Pendant que ceux des soldats qui le pouvaient baisaient les pieds de
l’empereur, et que les autres l’adoraient de loin, un certain
bouffon dit en plaisantant à César qui se rendait à l’église : Ô
bienheureux Louis qui, dans un seul jour, a pu habiller tant de gens,
par le Christ, nul en Europe n’en a vêtu davantage, si ce n’est
Atton. Le monarque demandant comment celui-ci avait pu donner des
vêtements à un plus grand nombre d’hommes, le mime, enchanté
d’avoir excité l’étonnement de l’empereur, répondit en riant : Aujourd’hui
il a fourni beaucoup d’habits neufs[28].
Cette innocente plaisanterie, le prince la prenant doucement et comme un
jeu, et s’apercevant au visage de cet homme qu’il était fou, entra
dans l’église avec une humble dévotion, et s’y montra si pénétré
d’une pieuse crainte qu’il paraissait avoir le Seigneur Jésus-Christ
lui-même devant les yeux de son corps. En tout temps, non par nécessité,
mais peur avoir une occasion de faire une largesse, Louis avait coutume
de se baigner le samedi et d’abandonner aux gens de sa suite tous les
vêtements qu’il avait quittés, à l’exception de son épée et de
son baudrier. Sa générosité s’étendait à un tel point sur les
hommes même du plus bas étage, qu’il enjoignit de donner tous les
habits qu’il portait à un certain Stracholt, serf, vitrier de
Saint-Gall, qui le servait dans ce temps-là. Quelques vassaux, vrais
vagabonds, l’ayant appris, dressèrent des embûches à ce pauvre
homme sur sa route, dans le dessein de le dépouiller, et comme il leur
dit : A quoi pensez-vous de faire
violence au vitrier de César ? ils lui répondirent : Nous
te permettons de garder ton office ………………… (Ici s’arrête le manuscrit ; on ignore quelle était l’étendue du fragment perdu ; mais, il est peu probable qu’il fut très long)[17]

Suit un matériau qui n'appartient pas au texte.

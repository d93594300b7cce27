//! What the records of a log say.
ghost use Rattle.std.specs.Prelude.{◌≡◌, ◌<◌, ◌+◌, ◌^◌, [], ◌∷◌, IfOk, IfErr, OnOk, true, false, None};
ghost use Rattle.std.specs.List.{AllByRecursion};
ghost use Rattle.log_records.specs.Viewed.{view_entry};
ghost use Rattle.log_records.specs.Spelling.{IsEntry};
ghost use Rattle.ids_model.specs.Recovered.{nothing};
ghost use Rattle.fast_recovery.specs.Order.{open_by, starts, stays, ends};
ghost use Rattle.fast_recovery.specs.InPlace.{is_taken};
ghost use Rattle.fast_recovery.specs.Rising.{rises};
ghost use Rattle.fast_recovery.specs.PagedStates.{IsPagedState};
ghost use Rattle.fast_recovery.specs.LogRead.{GoesOn, RecordsFault};

use crate::fault::OpenFault;
use crate::in_place::is_in_place;
use crate::replay::Replay;
use ids_base::memory::Memory;
use ids_base::numbers::TxNo;
use ids_base::position::LogPos;
use ids_base::status::Place;
use ids_model::recovery_laws::runs_join;
use log_records::block_body::BlockBody;
use log_records::view::RecordView;
use std::alloc::Global;

/// What the records so far say. Where a call answers an error, it is of no further use.
#[derive(Drop)]
pub(crate) struct Past {
    /// What they make of pages and rows.
    pub(crate) replay: Replay,
    /// The transaction that is open after them.
    pub(crate) open_tx: Option<TxNo>,
    /// The greatest number of a transaction among them, or 0.
    pub(crate) last_tx: TxNo,
    /// The number of the block that comes next.
    pub(crate) next: u64,
}

impl Past {
    /// Before any record, the greatest number is 0, and the next block is block 1. Takes no memory.
    pub(crate) fn new(alloc: Global) -> Past
        ensures replay { result.replay ≡ nothing }
        ensures none { result.open_tx ≡ None }
        ensures last_tx { result.last_tx ≡ 0 }
        ensures next { result.next ≡ 1 }
    {
        Past {
            replay: Replay::new(alloc),
            open_tx: None,
            last_tx: 0,
            next: 1,
        }
    }

    /// Goes on by the records of the next block, among the pages from 1 to this many.
    pub(crate) fn note_body(&mut self, body: &BlockBody, pages: u32) -> Result<(), OpenFault>
        requires { self.old.next < 2 ^ 63 }
        ensures goes_on { OnOk result (GoesOn pages self.old body.now.entries self.new) }
        ensures next { OnOk result (self.new.next ≡ self.old.next + 1) }
        ensures paged { OnOk result (IsPagedState pages self.old.replay → IsPagedState pages self.new.replay) }
        ensures fault { IfErr result (λ e. RecordsFault pages self.old body.now.entries e) }
    {
        runs_join();
        are_in_range(body);
        let mut records = body.cursor();
        for index in 0..body.count() {
            let Some(view) = records.next() else {
                unreachable!()
            };
            if !self.note(&view, pages)? {
                let block = self.next;
                return Err(OpenFault::Damaged(Place::Record(LogPos { block, index })));
            }
        }
        self.next += 1;
        Ok(())
    }

    // Goes on by a record; `false` exactly where it is out of order or not in its place, or does not rise.
    fn note(&mut self, view: &RecordView, pages: u32) -> Result<bool, Memory>
        ensures noted { IfOk result (λ is_noted. is_noted ≡ true → GoesOn pages self.old (view_entry view.now ∷ []) self.new) }
        ensures refused { IfOk result (λ is_noted. is_noted ≡ false → is_taken pages self.old.last_tx self.old.open_tx self.old.replay.own (view_entry view.now) ≡ false) }
        ensures next { self.new.next ≡ self.old.next }
    {
        let Some(open_tx) = open_after(self.open_tx, view) else {
            return Ok(false);
        };
        if !is_in_place(&self.replay, pages, view) || !rises(self.last_tx, view) {
            return Ok(false);
        }
        self.replay.note(view)?;
        self.open_tx = open_tx;
        self.last_tx = self.last_tx.max(view.tx());
        Ok(true)
    }
}

// The fields of a body's records are in their ranges.
fn are_in_range(body: &BlockBody)
    ensures { AllByRecursion IsEntry body.now.entries }
{
    let _used = body.used();
}

// Whether a record rises behind records whose greatest number is this: a BEGIN has a greater one.
#[tactic(auto, using(crate::proofs::ChangeRecords::changes_rise))]
fn rises(last: TxNo, view: &RecordView) -> bool
    ensures { result ≡ rises last (view_entry view.now) }
{
    match view {
        RecordView::Begin { tx, .. } => last < *tx,
        RecordView::Commit { .. }
        | RecordView::Rollback { .. }
        | RecordView::Change { .. }
        | RecordView::Ckpoint { .. } => true,
    }
}

// Which transaction is open after a record, where this one was before; `None` where the record is out of order.
#[tactic(auto, using(crate::proofs::ChangeRecords::open_by_change))]
fn open_after(before: Option<TxNo>, view: &RecordView) -> Option<Option<TxNo>>
    ensures { result ≡ open_by before (view_entry view.now) }
{
    match view {
        RecordView::Begin { tx, .. } => started(before, *tx),
        RecordView::Commit { tx } | RecordView::Rollback { tx } => ended(before, *tx),
        RecordView::Change { tx, .. } => stayed(before, *tx),
        RecordView::Ckpoint { .. } => Some(before),
    }
}

fn started(before: Option<TxNo>, tx: TxNo) -> Option<Option<TxNo>>
    ensures { result ≡ starts before tx }
{
    match before {
        None => Some(Some(tx)),
        Some(_) => None,
    }
}

fn stayed(before: Option<TxNo>, tx: TxNo) -> Option<Option<TxNo>>
    ensures { result ≡ stays before tx }
{
    let open_tx = before?;
    if open_tx == tx {
        Some(Some(open_tx))
    } else {
        None
    }
}

fn ended(before: Option<TxNo>, tx: TxNo) -> Option<Option<TxNo>>
    ensures { result ≡ ends before tx }
{
    let open_tx = before?;
    if open_tx == tx { Some(None) } else { None }
}
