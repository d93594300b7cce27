//! Laws of pages and rows, for the proofs of the crates above. Each is the contract of an empty function.
ghost use Rattle.fast_recovery.specs.BrokenRows.{BrokenRowsAreNotWhole};
ghost use Rattle.fast_recovery.specs.KeepingPages.{RecordsKeepPages};

/// Where a row is broken, pages and rows are no well formed ones.
pub fn broken_rows_are_not_whole()
    ensures { BrokenRowsAreNotWhole }
{}

/// Pages and rows that can stand in a list of pages, also after a ROLLBACK, still can after a record in its place.
pub fn records_keep_pages()
    ensures { RecordsKeepPages }
{}
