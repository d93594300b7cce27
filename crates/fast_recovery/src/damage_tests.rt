//! Logs with one record that is not taken, or with a block that is broken, and the place that opening names.
use crate::fault::OpenFault;
use crate::opening::open_log;
use crate::opening_tests::{FIRST, append, body, insert, open, small_disk};
use ids_base::position::LogPos;
use ids_base::row_bytes::RowBytes;
use ids_base::row_id::RowId;
use ids_base::status::Place;
use ids_outside::{Disk, MemDisk};
use log_records::record::{Record, Updated};
use std::alloc::Global;
use std::process::Abort;
use std::test::Fail;

const LONGER: &[u8] = b"\x00\x00\x00\x02three";

// A row of a table in a slot, by its row id. There are pages 1 and 2; a page has 223 slots for rows of 8 bytes, and 200 for
// rows of 9 bytes.
#[derive(Clone, Copy)]
struct RowCase {
    name: &'static str,
    table: u32,
    row: u32,
    bytes: &'static [u8],
}

fn case(name: &'static str, table: u32, row: u32, bytes: &'static [u8]) -> RowCase {
    RowCase {
        name,
        table,
        row,
        bytes,
    }
}

// Not to be inserted while page 1 is of table 100 with rows of 8 bytes, and page 2 has no owner.
fn no_inserts() -> [RowCase; 11] {
    [
        case("page 0", 100, 1, FIRST),
        case("page 3 of 2", 100, 769, FIRST),
        case("a page far away", 100, 4294967041, FIRST),
        case("slot 0", 100, 256, FIRST),
        case("slot 224 of 223", 100, 480, FIRST),
        case("slot 224 of 223 in a page without owner", 100, 736, FIRST),
        case("table 99", 99, 513, FIRST),
        case("table 2", 2, 513, FIRST),
        case("table 0", 0, 513, FIRST),
        case("a page of another table", 101, 258, FIRST),
        case("a page with rows of another length", 100, 258, LONGER),
    ]
}

// Not to be deleted or updated there.
fn no_rows() -> [RowCase; 7] {
    [
        case("page 0", 100, 1, FIRST),
        case("page 3 of 2", 100, 769, FIRST),
        case("slot 0", 100, 256, FIRST),
        case("slot 224 of 223", 100, 480, FIRST),
        case("a page without owner", 100, 513, FIRST),
        case("a page of another table", 101, 257, FIRST),
        case("a page with rows of another length", 100, 257, LONGER),
    ]
}

// To be inserted there.
fn inserts() -> [RowCase; 6] {
    [
        case("the next slot", 100, 258, FIRST),
        case("the last slot", 100, 479, FIRST),
        case("a page without owner", 100, 513, FIRST),
        case("its last slot", 101, 735, FIRST),
        case("its last slot for longer rows", 4294967295, 712, LONGER),
        case("the catalogue", 1, 513, FIRST),
    ]
}

// Where a disk is damaged whose log has these two blocks, if it is.
fn damage(
    rt: &impl Abort,
    alloc: Global,
    first: &[Record],
    second: &[Record],
) -> Result<Option<Place>, Fail> {
    let mut disk = small_disk(rt, alloc)?;
    let bodies = [body(rt, 1, first), body(rt, 2, second)];
    assert_eq!(rt; append(&mut disk, &bodies), Ok(()));
    match open(alloc, &mut disk) {
        Ok(_) => Ok(None),
        Err(OpenFault::Damaged(place)) => Ok(Some(place)),
        Err(_) => Err("another fault".into()),
    }
}

// Where it is with this record in the second block, behind BEGIN. In the first block a transaction put a row of table 100 with
// 8 bytes into slot 257.
fn damage_by(rt: &impl Abort, alloc: Global, entry: Record) -> Result<Option<Place>, Fail> {
    let first = [
        Record::Begin { tx: 1, session: 1 },
        insert(alloc, 1, 257, FIRST)?,
        Record::Commit { tx: 1 },
    ];
    let second = [
        Record::Begin { tx: 2, session: 1 },
        entry,
        Record::Commit { tx: 2 },
    ];
    damage(rt, alloc, &first, &second)
}

fn at(block: u64, index: u16) -> Option<Place> {
    Some(Place::Record(LogPos { block, index }))
}

fn row(alloc: Global, bytes: &[u8]) -> Result<RowBytes, Fail> {
    if bytes.is_empty() || bytes.len() > 800 {
        return Err("no row".into());
    }
    Ok(RowBytes::new(alloc, bytes)?)
}

fn inserted(alloc: Global, case: &RowCase) -> Result<Record, Fail> {
    Ok(Record::HInsert {
        tx: 2,
        table: case.table,
        row: RowId::from_number(case.row),
        after: row(alloc, case.bytes)?,
    })
}

fn deleted(alloc: Global, case: &RowCase) -> Result<Record, Fail> {
    Ok(Record::HDelete {
        tx: 2,
        table: case.table,
        row: RowId::from_number(case.row),
        before: row(alloc, case.bytes)?,
    })
}

fn updated(alloc: Global, case: &RowCase) -> Result<Record, Fail> {
    let bytes = case.bytes;
    if bytes.is_empty() || bytes.len() > 800 {
        return Err("no rows".into());
    }
    Ok(Record::HUpdate {
        tx: 2,
        table: case.table,
        row: RowId::from_number(case.row),
        rows: Updated {
            before: RowBytes::new(alloc, bytes)?,
            after: RowBytes::new(alloc, bytes)?,
        },
    })
}

#[test]
fn rows_are_not_put_elsewhere(rt: HostRuntime) -> Result<(), Fail> {
    let alloc = rt.alloc();
    for case in &no_inserts() {
        let found = damage_by(&rt, alloc, inserted(alloc, case)?)?;
        assert_eq!(rt; found, at(2, 1), "{}", case.name);
    }
    Ok(())
}

// All records are taken, and then the rows are looked at: a page of the catalogue has not its row length, or else the row in slot
// 257 is of a table that the catalogue has not.
#[test]
fn rows_are_put_into_their_places(rt: HostRuntime) -> Result<(), Fail> {
    let alloc = rt.alloc();
    for case in &inserts() {
        let found = damage_by(&rt, alloc, inserted(alloc, case)?)?;
        let broken = if case.table == 1 { 513 } else { 257 };
        assert_eq!(rt; found, Some(Place::Row(broken)), "{}", case.name);
    }
    Ok(())
}

#[test]
fn rows_are_not_changed_elsewhere(rt: HostRuntime) -> Result<(), Fail> {
    let alloc = rt.alloc();
    for case in &no_rows() {
        let found = damage_by(&rt, alloc, deleted(alloc, case)?)?;
        assert_eq!(rt; found, at(2, 1), "DELETE, {}", case.name);
        let found = damage_by(&rt, alloc, updated(alloc, case)?)?;
        assert_eq!(rt; found, at(2, 1), "UPDATE, {}", case.name);
    }
    Ok(())
}

// The second block has a record out of order, too.
fn out_of_order(rt: &impl Abort, alloc: Global, first: &[Record]) -> Result<Option<Place>, Fail> {
    damage(rt, alloc, first, &[Record::Commit { tx: 9 }])
}

#[test]
fn the_first_record_out_of_order_is_named(rt: HostRuntime) -> Result<(), Fail> {
    let alloc = rt.alloc();
    let log = [Record::Commit { tx: 1 }];
    assert_eq!(rt; out_of_order(&rt, alloc, &log)?, at(1, 0));
    let log = [Record::Rollback { tx: 1 }];
    assert_eq!(rt; out_of_order(&rt, alloc, &log)?, at(1, 0));
    let log = [insert(alloc, 1, 257, FIRST)?];
    assert_eq!(rt; out_of_order(&rt, alloc, &log)?, at(1, 0));
    let begin = Record::Begin { tx: 1, session: 1 };
    let log = [begin, Record::Begin { tx: 2, session: 1 }];
    assert_eq!(rt; out_of_order(&rt, alloc, &log)?, at(1, 1));
    let begin = Record::Begin { tx: 1, session: 1 };
    let log = [begin, insert(alloc, 2, 257, FIRST)?];
    assert_eq!(rt; out_of_order(&rt, alloc, &log)?, at(1, 1));
    let begin = Record::Begin { tx: 1, session: 1 };
    let log = [begin, insert(alloc, 1, 257, FIRST)?];
    assert_eq!(rt; out_of_order(&rt, alloc, &log)?, at(2, 0));
    Ok(())
}

// Writes over the byte of a block that is 0 where it has less than 256 records.
fn write_count(disk: &mut MemDisk, block: u64, byte: u8) -> Result<(), Fail> {
    if block > 24 || disk.pages(0) != 43 {
        return Err("no such block".into());
    }
    let at = 2048 * (18 + block) + 10;
    disk.write_at(0, at, &[byte]).map_err(|_| "a fault".into())
}

#[test]
fn a_broken_block_is_named_and_loses_nothing(rt: HostRuntime) -> Result<(), Fail> {
    let alloc = rt.alloc();
    let mut disk = small_disk(&rt, alloc)?;
    let first = [
        Record::Begin { tx: 1, session: 1 },
        insert(alloc, 1, 257, FIRST)?,
    ];
    let bodies = [
        body(&rt, 1, &first),
        body(&rt, 2, &[Record::Rollback { tx: 1 }]),
    ];
    assert_eq!(rt; append(&mut disk, &bodies), Ok(()));
    for block in [1, 2] {
        write_count(&mut disk, block, 4)?;
        let opened = open_log(alloc, &mut disk).err();
        assert_eq!(rt; opened, Some(OpenFault::Damaged(Place::Block(block))));
        write_count(&mut disk, block, 0)?;
    }
    let opened = open_log(alloc, &mut disk).ok().ok_or("not opened")?;
    assert_eq!(rt; opened.files.next(), 3);
    Ok(())
}

// A transaction that has ended has number 3.
#[test]
fn a_number_is_not_begun_again(rt: HostRuntime) -> Result<(), Fail> {
    let alloc = rt.alloc();
    for (tx, place) in [(3, at(2, 0)), (2, at(2, 0)), (4, None)] {
        let first = [
            Record::Begin { tx: 3, session: 1 },
            Record::Commit { tx: 3 },
        ];
        let second = [Record::Begin { tx, session: 1 }, Record::Commit { tx }];
        assert_eq!(rt; damage(&rt, alloc, &first, &second)?, place, "{tx}");
    }
    Ok(())
}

Wernbert ou Werembert, moine de Saint-Gall, où il acquit une si
grande réputation qu’on lui donnait, de son temps, les noms
de philosophe, de poète, de théologien, d’historiographe et
d’homme versé en toutes sortes de connaissances ; il était
né à Coire, et avait étudié à Fulde, sous le célèbre Raban. Il
paraît qu’il s’était occupé des lettres profanes avec autant de
zèle que des lettres sacrées, et il avait écrit un grand nombre
d’ouvrages, parmi lesquels figuraient des poésies ; il mourut dans
l’abbaye de Saint-Gall, le 24 mai 884.